Start at the line below containing "fn place_number(place: u16) -> SizedExpr" and stop at the line containing "fn bits_at(variable: Option<Variable>, low: u8)". Repeat every line of that stretch exactly, and nothing outside it.
[[ Exercise input, beginning ]]
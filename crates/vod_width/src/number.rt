//! Numbers that constant parts stand for, as parts of a tree.
ghost use Rattle.std.specs.Prelude.{◌≡◌, ◌-◌, min};
ghost use Rattle.vod_width.specs.Sizes.{or_zero};
ghost use Rattle.vod_width.specs.View.{is_found};

use vod_bits::Word;

// How far a number lies above the least one.
pub(crate) fn above(number: Option<Word>, least: u16) -> Word
    ensures { result ≡ or_zero number - least }
{
    number.unwrap_or(0).saturating_sub(Word::from(least))
}

// A number that fits one byte, which is the greatest for those that don't.
pub(crate) fn byte(number: Word) -> u8
    ensures { result ≡ min number 255 }
{
    if number < 255 { number as u8 } else { 255 }
}

// The same for two bytes.
pub(crate) fn two_bytes(number: Word) -> u16
    ensures { result ≡ min number 65535 }
{
    if number < 65535 { number as u16 } else { 65535 }
}

// Whether a number was found.
pub(crate) fn is_found(number: Option<Word>) -> bool
    ensures { result ≡ is_found number }
{
    match number {
        Some(_) => true,
        None => false,
    }
}
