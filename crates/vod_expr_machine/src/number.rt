//! The numbers that tokens stand for.

ghost use Rattle.std.specs.Prelude.{◌≡◌};
ghost use Rattle.vod_token.specs.Span.{IsTokenText};
ghost use Rattle.vod_expr_machine.specs.Numerals.{number_of};

use vod_token::{TokenKind, literal_of, one_literal};
use vod_tree::Number;

// The number of a token, at its place.
#[tactic(auto, unfolding(crate::specs::Numerals::number_of))]
pub(crate) fn number_of(text: &[u8], place: u32) -> Number
    requires { IsTokenText text.now TokenKind.Number }
    ensures { result ≡ number_of (record { kind = TokenKind.Number; text = text.now; place = place }) }
{
    // A number has one literal that it stands for.
    one_literal();
    let literal = literal_of(text);
    Number {
        place,
        size: literal.size,
        signed: literal.signed,
        value: literal.value,
    }
}
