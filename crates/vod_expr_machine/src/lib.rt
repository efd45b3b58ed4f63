//! Expressions read token by token (IEEE 1364-2005, clause 5): a pushdown machine, whose state is what was read last and what is
//! begun around it.
#![tactic(auto)]

mod machine;
mod number;
mod word;

pub use machine::{Frame, Head, Reader};
pub use word::Mark;
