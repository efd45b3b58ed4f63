//! Rows on images of a design's state. A `blank` row has the signals of a design in which nothing is driven, each as its width and
//! `n` for a net or `r` for a register, and is answered with how many numbers its blank image has. A `fit` row has besides, behind
//! `|`, the numbers of an image's registers, and those of its inputs, and is answered with whether it fits.
#![tactic(auto)]

mod row;

use std::io;

fn main(rt: HostRuntime) -> io::Result<()> {
    for line in rt.lines(rt.alloc()) {
        let answered = row::answered(rt.alloc(), line?.as_str())?;
        println!(rt; "{answered}")?;
    }
    Ok(())
}
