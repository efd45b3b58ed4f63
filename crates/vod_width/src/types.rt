//! What `constant` and `own` answer, and why an expression is refused.
use std::alloc::AllocError;
use std::fmt;
use vod_bits::{Bits, WIDTH};

/// The value of a constant expression, and whether it is signed.
#[derive(Clone, Copy)]
pub struct Constant {
    pub value: Bits,
    pub signed: bool,
}

/// The size of an expression by itself, its sign, and whether it is constant.
#[derive(Clone, Copy)]
pub struct Own {
    pub width: u8,
    pub signed: bool,
    pub constant: bool,
}

/// Why an expression is refused: by the first token of the least part that is at fault, and at one place by a rule before a width.
#[derive(Clone, Copy, PartialEq, Eq)]
pub enum WidthFault {
    /// A part that has to be constant isn't, or has a value that it may not have.
    Rule { place: u32 },
    /// A part is wider than `WIDTH` bits.
    Width { place: u32 },
    /// Nothing in it has a fault of its own, but it hangs on a name whose size, range or value couldn't be formed. That was refused
    /// where it stands.
    Open,
    /// Memory ran out.
    Memory,
}

impl fmt::Display for WidthFault {
    fn fmt<W: fmt::Write>(&self, f: &mut fmt::Formatter<W>) -> fmt::Result {
        match self {
            WidthFault::Rule { place } => {
                write!(
                    f,
                    "the part at byte {place} has to be a constant, with a value that may stand there"
                )
            }
            WidthFault::Width { place } => {
                write!(f, "the part at byte {place} is wider than {WIDTH} bits")
            }
            WidthFault::Open => {
                f.write_str("a name has no size, range or value that could be formed")
            }
            WidthFault::Memory => f.write_str("memory ran out"),
        }
    }
}

impl From<AllocError> for WidthFault {
    ghost use Rattle.std.specs.Prelude.{◌≡◌};
    ghost use Rattle.vod_width.specs.declared.types.WidthFault.TheVariants.{Memory};

    ghost from_gives = { λ _ fault. fault ≡ Memory };

    fn from(_: AllocError) -> WidthFault {
        WidthFault::Memory
    }
}
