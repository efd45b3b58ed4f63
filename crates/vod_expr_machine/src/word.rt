//! The marks and operators of expressions.

ghost use Rattle.std.specs.Prelude.{◌≡◌, ◌∷◌, []};
ghost use Rattle.vod_expr_machine.specs.Machine.{mark_of, unary_of, binary_of};

use vod_tree::{BinaryOp, UnaryOp};

/// What a symbol of an expression is, where it is no operator.
#[derive(Clone, Copy, PartialEq, Eq)]
pub enum Mark {
    /// `(`
    OpenParen,
    /// `)`
    CloseParen,
    /// `[`
    OpenBracket,
    /// `]`
    CloseBracket,
    /// `{`
    OpenBrace,
    /// `}`
    CloseBrace,
    /// `,`
    Comma,
    /// `:`
    Colon,
    /// `?`
    Question,
}

// The mark that a text is.
#[tactic(auto, unfolding(crate::specs::Machine::mark_of))]
pub(crate) fn mark_of(text: &[u8]) -> Option<Mark>
    ensures { result ≡ mark_of text.now }
{
    match text {
        [a] => mark_of_one(*a),
        _ => None,
    }
}

#[tactic(auto, unfolding(crate::specs::Machine::mark_of))]
fn mark_of_one(a: u8) -> Option<Mark>
    ensures { result ≡ mark_of (a ∷ []) }
{
    match a {
        b'(' => Some(Mark::OpenParen),
        b')' => Some(Mark::CloseParen),
        b'[' => Some(Mark::OpenBracket),
        b']' => Some(Mark::CloseBracket),
        b'{' => Some(Mark::OpenBrace),
        b'}' => Some(Mark::CloseBrace),
        b',' => Some(Mark::Comma),
        b':' => Some(Mark::Colon),
        b'?' => Some(Mark::Question),
        _ => None,
    }
}

// The operator before a primary that a text is.
#[tactic(auto, unfolding(crate::specs::Machine::unary_of))]
pub(crate) fn unary_of(text: &[u8]) -> Option<UnaryOp>
    ensures { result ≡ unary_of text.now }
{
    match text {
        [a] => unary_of_one(*a),
        [a, b] => unary_of_two(*a, *b),
        _ => None,
    }
}

#[tactic(auto, unfolding(crate::specs::Machine::unary_of))]
fn unary_of_one(a: u8) -> Option<UnaryOp>
    ensures { result ≡ unary_of (a ∷ []) }
{
    match a {
        b'-' => Some(UnaryOp::Minus),
        b'!' => Some(UnaryOp::LogicalNot),
        b'~' => Some(UnaryOp::Not),
        b'&' => Some(UnaryOp::And),
        b'|' => Some(UnaryOp::Or),
        b'^' => Some(UnaryOp::Xor),
        _ => None,
    }
}

#[tactic(auto, unfolding(crate::specs::Machine::unary_of))]
fn unary_of_two(a: u8, b: u8) -> Option<UnaryOp>
    ensures { result ≡ unary_of (a ∷ b ∷ []) }
{
    match (a, b) {
        (b'~', b'&') => Some(UnaryOp::Nand),
        (b'~', b'|') => Some(UnaryOp::Nor),
        (b'~', b'^') => Some(UnaryOp::Xnor),
        (b'^', b'~') => Some(UnaryOp::XorNot),
        _ => None,
    }
}

// The operator between two operands that a text is.
#[tactic(auto, unfolding(crate::specs::Machine::binary_of, crate::specs::Machine::arithmetic_of, crate::specs::Machine::comparison_of, crate::specs::Machine::connective_of))]
pub(crate) fn binary_of(text: &[u8]) -> Option<BinaryOp>
    ensures { result ≡ binary_of text.now }
{
    match text {
        [a] => binary_of_one(*a),
        [a, b] => binary_of_two(*a, *b),
        [a, b, c] => binary_of_three(*a, *b, *c),
        _ => None,
    }
}

#[tactic(auto, unfolding(crate::specs::Machine::binary_of, crate::specs::Machine::arithmetic_of, crate::specs::Machine::comparison_of, crate::specs::Machine::connective_of))]
fn binary_of_one(a: u8) -> Option<BinaryOp>
    ensures { result ≡ binary_of (a ∷ []) }
{
    match a {
        b'*' => Some(BinaryOp::Mul),
        b'+' => Some(BinaryOp::Add),
        b'-' => Some(BinaryOp::Sub),
        b'<' => Some(BinaryOp::Less),
        b'>' => Some(BinaryOp::Greater),
        b'&' => Some(BinaryOp::And),
        b'^' => Some(BinaryOp::Xor),
        b'|' => Some(BinaryOp::Or),
        _ => None,
    }
}

#[tactic(auto, unfolding(crate::specs::Machine::binary_of, crate::specs::Machine::arithmetic_of, crate::specs::Machine::comparison_of, crate::specs::Machine::connective_of))]
fn binary_of_two(a: u8, b: u8) -> Option<BinaryOp>
    ensures { result ≡ binary_of (a ∷ b ∷ []) }
{
    match (a, b) {
        (b'<', b'<') => Some(BinaryOp::ShiftLeft),
        (b'>', b'>') => Some(BinaryOp::ShiftRight),
        (b'<', b'=') => Some(BinaryOp::LessEqual),
        (b'>', b'=') => Some(BinaryOp::GreaterEqual),
        (b'=', b'=') => Some(BinaryOp::Equal),
        (b'!', b'=') => Some(BinaryOp::NotEqual),
        (b'~', b'^') => Some(BinaryOp::Xnor),
        (b'^', b'~') => Some(BinaryOp::XorNot),
        (b'&', b'&') => Some(BinaryOp::LogicalAnd),
        (b'|', b'|') => Some(BinaryOp::LogicalOr),
        _ => None,
    }
}

#[tactic(auto, unfolding(crate::specs::Machine::binary_of, crate::specs::Machine::arithmetic_of, crate::specs::Machine::comparison_of, crate::specs::Machine::connective_of))]
fn binary_of_three(a: u8, b: u8, c: u8) -> Option<BinaryOp>
    ensures { result ≡ binary_of (a ∷ b ∷ c ∷ []) }
{
    match (a, b, c) {
        (b'<', b'<', b'<') => Some(BinaryOp::ArithmeticLeft),
        (b'>', b'>', b'>') => Some(BinaryOp::ArithmeticRight),
        (b'=', b'=', b'=') => Some(BinaryOp::CaseEqual),
        (b'!', b'=', b'=') => Some(BinaryOp::CaseNotEqual),
        _ => None,
    }
}
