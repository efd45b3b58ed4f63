//! Left sides: the parts that an assignment writes (6.1, 9.2).
ghost use Rattle.std.specs.Prelude.{◌≡◌, ◌+◌, ◌&&◌, if◌then◌else◌, nat_lt, false, List, [], Some, None, min, map, IfOk, MatchResult};
ghost use Rattle.std.specs.Option.{option_copied};
ghost use Rattle.vod_design.specs.declared.sized.SizedKind.TheViews.{out-SizedKind};
ghost use Rattle.vod_design.specs.declared.sized.SizedKind.TheVariants as kind;
ghost use Rattle.vod_design.specs.declared.statement.PartTarget.TheVariants as target;
ghost use Rattle.vod_operand.specs.Operands.{Looked as Found, node};
ghost use Rattle.vod_operand.specs.declared.fault.Fault.TheVariants.{Width};
ghost use Rattle.vod_width.specs.Names.{declared};
ghost use Rattle.vod_width.specs.Sizes.{look, look_name, look_index, look_range};
ghost use Rattle.vod_width.specs.View.{SeesKind};
ghost use Rattle.vod_width.specs.Refusals.{Refused};
ghost use Rattle.vod_width.specs.Lefts.{LookedLeft, variable_of, at_variable, place_number, target_of, parts_of, is_open_written, is_written, left_of, left_concat, left_at, look_left, inside_left, laid};
ghost use Rattle.vod_width.specs.SeesLeft.{SeesLeft, NearLeft, SeesLefts, parts_tree_of, unless_fault, joined_parts};

use crate::decls::{Declared, Decls, Sort};
use crate::expr::{both_ok, look_expr};
use crate::parts::wider;
use crate::select::{index, is_constant, name, range};
use crate::sizing::refusal;
use crate::types::WidthFault;
use sqlite_items::Items;
use std::alloc::{AllocError, Global};
use vod_bits::{Bits, WIDTH, Word};
use vod_design::{Named, Part, PartTarget, SizedExpr, SizedKind, Variable};
use vod_operand::{Fault, Looked, both_hold, fault_if, sooner};
use vod_tree::{Expr, Ident, Lval, LvalKind, let_go};

/// The parts of a left side, seen as a list from the left.
pub type Parts = Items<Part>;

// What a left side is: its width, and its parts or the first fault. Each part is as if it took the lowest bits of the value.
#[derive(Drop)]
pub struct Left {
    pub width: u8,
    pub parts: Result<Items<Part>, Fault>,
}

// Left sides one beside the other: the sum of their widths, whether all have a width, and the parts of all or the first fault.
#[derive(Drop)]
pub struct Lefts {
    pub width: u8,
    pub sized: bool,
    pub parts: Result<Items<Part>, Fault>,
}

fn variable_of(name: Named) -> Option<Variable>
    ensures { result ≡ variable_of name }
{
    match name {
        Named::Variable(x) => Some(x),
        Named::Constant(_) => None,
    }
}

// The number of a word, as an expression.
fn place_number(place: u16) -> SizedExpr
    ensures { result ≡ place_number place }
{
    let number = Bits {
        width: 16,
        word: Word::from(place),
    };
    unsized_number(number)
}

fn unsized_number(number: Bits) -> SizedExpr
    ensures { result ≡ node 16 false (kind.Number number) }
{
    SizedExpr {
        place: 0,
        width: 16,
        signed: false,
        kind: SizedKind::Number(number),
    }
}

fn bits_at(variable: Option<Variable>, low: u8) -> Option<PartTarget>
    ensures { result ≡ at_variable (λ x. target.Bits x low) variable }
{
    match variable {
        Some(x) => Some(PartTarget::Bits(x, low)),
        None => None,
    }
}

fn index_at(variable: Option<Variable>, least: u16, index: SizedExpr) -> Option<PartTarget>
    ensures { result ≡ at_variable (λ x. target.Index x least index) variable }
{
    match variable {
        Some(x) => Some(PartTarget::Index(x, least, index)),
        None => {
            let_go(index);
            None
        }
    }
}

// What is written, by what the same expression reads.
fn target_of(kind: SizedKind) -> Option<PartTarget>
    ensures { result ≡ target_of (out-SizedKind kind) }
{
    match kind {
        SizedKind::Name(name) => bits_at(variable_of(name), 0),
        SizedKind::Select(name, low, _count) => bits_at(variable_of(name), low),
        SizedKind::Index(name, least, index) => {
            index_at(variable_of(name), least, index.into_inner())
        }
        SizedKind::Word(memory, place) => {
            Some(PartTarget::Word(memory.number, 0, place_number(place)))
        }
        SizedKind::WordIndex(memory, least, index) => Some(PartTarget::Word(
            memory.number,
            least,
            index.into_inner(),
        )),
        _ => None,
    }
}

// The one part of a name or a select.
fn parts_of(
    alloc: Global,
    place: u32,
    width: u8,
    target: Option<PartTarget>,
) -> Result<Items<Part>, AllocError>
    ensures { IfOk result (λ ps. ps ≡ parts_of place width target) }
{
    let mut parts = Items::new(alloc);
    match target {
        Some(target) => {
            parts.push(Part {
                place,
                low: 0,
                width,
                target,
            })?;
            Ok(parts)
        }
        None => Ok(parts),
    }
}

// The same of a tree, where there is one.
fn parts_tree(
    alloc: Global,
    place: u32,
    width: u8,
    tree: Result<SizedExpr, Fault>,
) -> Result<Result<Items<Part>, Fault>, AllocError>
    ensures { IfOk result (λ r. r ≡ parts_tree_of place width tree) }
{
    match tree {
        Ok(t) => {
            let parts = parts_of(alloc, place, width, target_of(t.kind))?;
            Ok(Ok(parts))
        }
        Err(f) => Ok(Err(f)),
    }
}

// Parts, unless there is a fault beside them.
fn unless_fault(
    parts: Result<Items<Part>, Fault>,
    fault: Option<Fault>,
) -> Result<Items<Part>, Fault>
    ensures { result ≡ unless_fault parts fault }
{
    match fault {
        None => parts,
        Some(g) => match parts {
            Ok(parts) => {
                let_go(parts);
                Err(g)
            }
            Err(f) => Err(sooner(f, g)),
        },
    }
}

fn is_open_written(sort: Sort) -> bool
    ensures { result ≡ is_open_written sort }
{
    match sort {
        Sort::Net => true,
        Sort::Constant => false,
        Sort::Ram => true,
        Sort::Function => true,
    }
}

// Whether a name may be written, as far as what it is doesn't put it at fault already.
fn is_written(declared: Option<&Declared>) -> bool
    ensures { result ≡ is_written (option_copied declared.entry) }
{
    match declared {
        Some(Declared::Vector(v)) => !is_constant(v.name),
        Some(Declared::Open(sort)) => is_open_written(*sort),
        Some(Declared::Ram(_)) => true,
        Some(Declared::Function(_)) => true,
        None => true,
    }
}

// A name, or a select of one.
fn leaf(
    alloc: Global,
    place: u32,
    declared: Option<&Declared>,
    x: Looked,
) -> Result<Left, AllocError>
    ensures { IfOk result (λ c. (y : Found) → SeesKind x y → NearLeft c (left_of place (option_copied declared.entry) y)) }
{
    let width = x.width;
    let fault = fault_if(!is_written(declared), place);
    let parts = parts_tree(alloc, place, width, x.tree)?;
    Ok(Left {
        width,
        parts: unless_fault(parts, fault),
    })
}

fn left_name(
    alloc: Global,
    decls: &Decls<'_>,
    place: u32,
    ident: &Ident,
) -> Result<Left, AllocError>
    ensures { IfOk result (λ c. NearLeft c (left_of place (declared decls.now ident.now.name) (look_name place (declared decls.now ident.now.name)))) }
{
    let x = name(place, decls, ident);
    leaf(alloc, place, decls.get(ident.name.as_slice()), x)
}

fn left_index(
    alloc: Global,
    decls: &Decls<'_>,
    place: u32,
    ident: &Ident,
    i: &Expr,
) -> Result<Left, AllocError>
    ensures { IfOk result (λ c. NearLeft c (left_of place (declared decls.now ident.now.name) (look_index place (declared decls.now ident.now.name) (look decls.now i.now)))) }
{
    let i = look_expr(alloc, decls, i)?;
    let x = index(alloc, place, decls, ident, i)?;
    leaf(alloc, place, decls.get(ident.name.as_slice()), x)
}

fn left_range(
    alloc: Global,
    decls: &Decls<'_>,
    place: u32,
    ident: &Ident,
    a: &Expr,
    b: &Expr,
) -> Result<Left, AllocError>
    ensures { IfOk result (λ c. NearLeft c (left_of place (declared decls.now ident.now.name) (look_range place (declared decls.now ident.now.name) (look decls.now a.now) (look decls.now b.now)))) }
{
    let first = look_expr(alloc, decls, a);
    let last = look_expr(alloc, decls, b);
    let (msb, lsb) = both_ok(first, last)?;
    let x = range(alloc, place, decls, ident, msb, lsb)?;
    leaf(alloc, place, decls.get(ident.name.as_slice()), x)
}

// That a width past `WIDTH` is at fault.
fn wide_fault(width: u8, place: u32) -> Option<Fault>
    ensures { result ≡ (if nat_lt WIDTH width then Some (Width place) else None) }
{
    if width > WIDTH {
        Some(Fault::Width(place))
    } else {
        None
    }
}

// A left side at its place. One that is too wide is at fault there.
fn left_at(place: u32, x: Left) -> Left
    ensures { (y : LookedLeft) → NearLeft x y → SeesLeft result (left_at place y) }
{
    let wide = wide_fault(x.width, place);
    Left {
        width: x.width,
        parts: unless_fault(x.parts, wide),
    }
}

// No left sides.
fn no_lefts(alloc: Global) -> Lefts
    ensures { SeesLefts result [] }
{
    Lefts {
        width: 0,
        sized: true,
        parts: Ok(Items::new(alloc)),
    }
}

// Parts behind others, or the sooner fault.
fn joined_parts(
    a: Result<Items<Part>, Fault>,
    b: Result<Items<Part>, Fault>,
) -> Result<Result<Items<Part>, Fault>, AllocError>
    ensures { IfOk result (λ r. r ≡ joined_parts a b) }
{
    match a {
        Ok(mut a) => match b {
            Ok(b) => {
                a.append(b)?;
                Ok(Ok(a))
            }
            Err(g) => Ok(Err(g)),
        },
        Err(f) => match b {
            Ok(_) => Ok(Err(f)),
            Err(g) => Ok(Err(sooner(f, g))),
        },
    }
}

// A left side behind others.
fn with_left(all: Lefts, x: Left) -> Result<Lefts, AllocError>
    ensures { IfOk result (λ r. (r.width ≡ min (all.width + x.width) 65) × (r.sized ≡ (all.sized && nat_lt 0 x.width)) × (r.parts ≡ joined_parts all.parts x.parts)) }
{
    let parts = joined_parts(all.parts, x.parts)?;
    Ok(Lefts {
        width: wider(all.width, x.width),
        sized: both_hold(all.sized, x.width > 0),
        parts,
    })
}

// The sum of widths, where all have one.
fn total(sized: bool, width: u8) -> u8
    ensures { result ≡ (if sized then width else 0) }
{
    if sized { width } else { 0 }
}

// `{ }`
fn left_concat(all: Lefts) -> Left
    ensures { (ys : List LookedLeft) → SeesLefts all ys → NearLeft result (left_concat ys) }
{
    let width = total(all.sized, all.width);
    Left {
        width,
        parts: all.parts,
    }
}

// What a left side is.
#[cycle(left)]
fn look_left(alloc: Global, decls: &Decls<'_>, left: &Lval) -> Result<Left, AllocError>
    ensures { IfOk result (λ c. SeesLeft c (look_left decls.now left.now)) }
{
    let x = look_left_kind(alloc, decls, left)?;
    Ok(left_at(left.place, x))
}

// What it is apart from its own place and width.
#[cycle(left)]
fn look_left_kind(alloc: Global, decls: &Decls<'_>, left: &Lval) -> Result<Left, AllocError>
    ensures { IfOk result (λ c. NearLeft c (inside_left decls.now left.now)) }
{
    match &left.kind {
        LvalKind::Name(ident) => left_name(alloc, decls, left.place, ident),
        LvalKind::Index(ident, i) => left_index(alloc, decls, left.place, ident, i),
        LvalKind::Range(ident, a, b) => left_range(alloc, decls, left.place, ident, a, b),
        LvalKind::Concat(lefts) => Ok(left_concat(look_lefts(alloc, decls, lefts.as_slice())?)),
    }
}

// Left sides, one beside the other.
#[cycle(left)]
fn look_lefts(alloc: Global, decls: &Decls<'_>, lefts: &[Lval]) -> Result<Lefts, AllocError>
    ensures { IfOk result (λ p. SeesLefts p (map (look_left decls.now) lefts.now)) }
{
    let mut all = no_lefts(alloc);
    for left in lefts {
        let x = look_left(alloc, decls, left)?;
        all = with_left(all, x)?;
    }
    Ok(all)
}

// Parts that are laid out: each takes the bits of the value above those of the parts behind it.
fn lay(alloc: Global, parts: Items<Part>) -> Result<Items<Part>, AllocError>
    ensures { IfOk result (λ r. r ≡ laid parts) }
{
    let mut parts = parts;
    let mut done = Vec::new(alloc);
    let mut low: u8 = 0;
    while let Some(part) = parts.pop() {
        let width = part.width;
        done.insert(
            0,
            Part {
                place: part.place,
                low,
                width,
                target: part.target,
            },
        )?;
        low = low.saturating_add(width);
    }
    Ok(Items::from_vec(done))
}

/// The parts that an assignment to a left side writes, from the left. Each takes the bits of the value above those of the parts behind
/// it. A name or a select is judged as the same expression is, and a constant isn't written. The refusal is the first fault of it and
/// its parts.
pub fn size_left(alloc: Global, left: &Lval, decls: &Decls<'_>) -> Result<Parts, WidthFault>
    ensures { MatchResult result (λ ps. ((look_left decls.now left.now).faults ≡ []) × (ps ≡ laid (look_left decls.now left.now).parts)) (λ f. Refused f (look_left decls.now left.now).faults) }
{
    let x = look_left(alloc, decls, left)?;
    match x.parts {
        Ok(parts) => {
            let laid = lay(alloc, parts)?;
            Ok(laid)
        }
        Err(f) => Err(refusal(f)),
    }
}
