//! A row: a design and the calls of a writer.

use crate::calls::written;
use crate::parts::{cut, precision, scopes, signals};
use rows_idle::design;
use rows_text::{Page, unescaped};
use std::alloc::{AllocError, Global};
use std::str;
use vod_design::Design;
use vod_io::MemSink;
use vod_vcd::Writer;

/// The most bytes of a text.
const ROOM: usize = 65_536;

/// A row with its answer; a comment and an empty row as they are.
pub fn answered(alloc: Global, row: &str) -> Result<String, AllocError> {
    let text = String::from_str(alloc, row)?;
    if row.is_empty() || row.starts_with('#') {
        return Ok(text);
    }
    let mut page = Page::new(text);
    page.put("\n");
    answer(alloc, &mut page, row)?;
    page.finish()
}

fn answer(alloc: Global, page: &mut Page, row: &str) -> Result<(), AllocError> {
    let (way, rest) = cut(row, '|');
    let (source, rest) = cut(rest, '|');
    let (scale, rest) = cut(rest, '|');
    let source = unescaped(alloc, source.as_bytes())?;
    let Some(precision) = precision(scale) else {
        page.put("no unit");
        return Ok(());
    };
    let (instances, rest) = cut(rest, '|');
    let (words, rest) = cut(rest, '|');
    let signals = signals(alloc, words)?;
    let scopes = scopes(alloc, instances)?;
    match design(alloc, signals, scopes, precision)? {
        Some(design) => show(alloc, page, way, source.as_slice(), &design, rest),
        None => {
            page.put("no design");
            Ok(())
        }
    }
}

fn sink(alloc: Global, way: &str) -> Result<MemSink, AllocError> {
    let mut fails = Vec::new(alloc);
    if let Some(call) = way.strip_prefix("fails ") {
        fails.push(call.parse().unwrap_or(0))?;
    }
    match MemSink::new(alloc, ROOM, fails) {
        Ok(sink) => Ok(sink),
        Err(_) => Err(AllocError),
    }
}

fn show(
    alloc: Global,
    page: &mut Page,
    way: &str,
    source: &[u8],
    design: &Design,
    rest: &str,
) -> Result<(), AllocError> {
    let mut out = sink(alloc, way)?;
    let Ok(mut writer) = Writer::new(alloc, design, source) else {
        return Err(AllocError);
    };
    let signals = design.signals().len();
    let (opening, calls) = cut(rest, '|');
    let began = way == "values" || writer.header(&mut out).is_ok();
    let fine = began && written(alloc, &mut writer, signals, opening, calls, &mut out)?;
    page.put(str::from_utf8(out.taken()).unwrap_or("?"));
    if !fine {
        page.put("failed\n");
    }
    Ok(())
}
[[ Exercise input, end ]]
Result of the task.
fn place_number(place: u16) -> SizedExpr
    ensures { result ≡ place_number place }
{
    let number = Bits {
        width: 16,
        word: Word::from(place),
    };
    unsized_number(number)
}

fn unsized_number(number: Bits) -> SizedExpr
    ensures { result ≡ node 16 false (kind.Number number) }
{
    SizedExpr {
        place: 0,
        width: 16,
        signed: false,
        kind: SizedKind::Number(number),
    }
}

fn bits_at(variable: Option<Variable>, low: u8) -> Option<PartTarget>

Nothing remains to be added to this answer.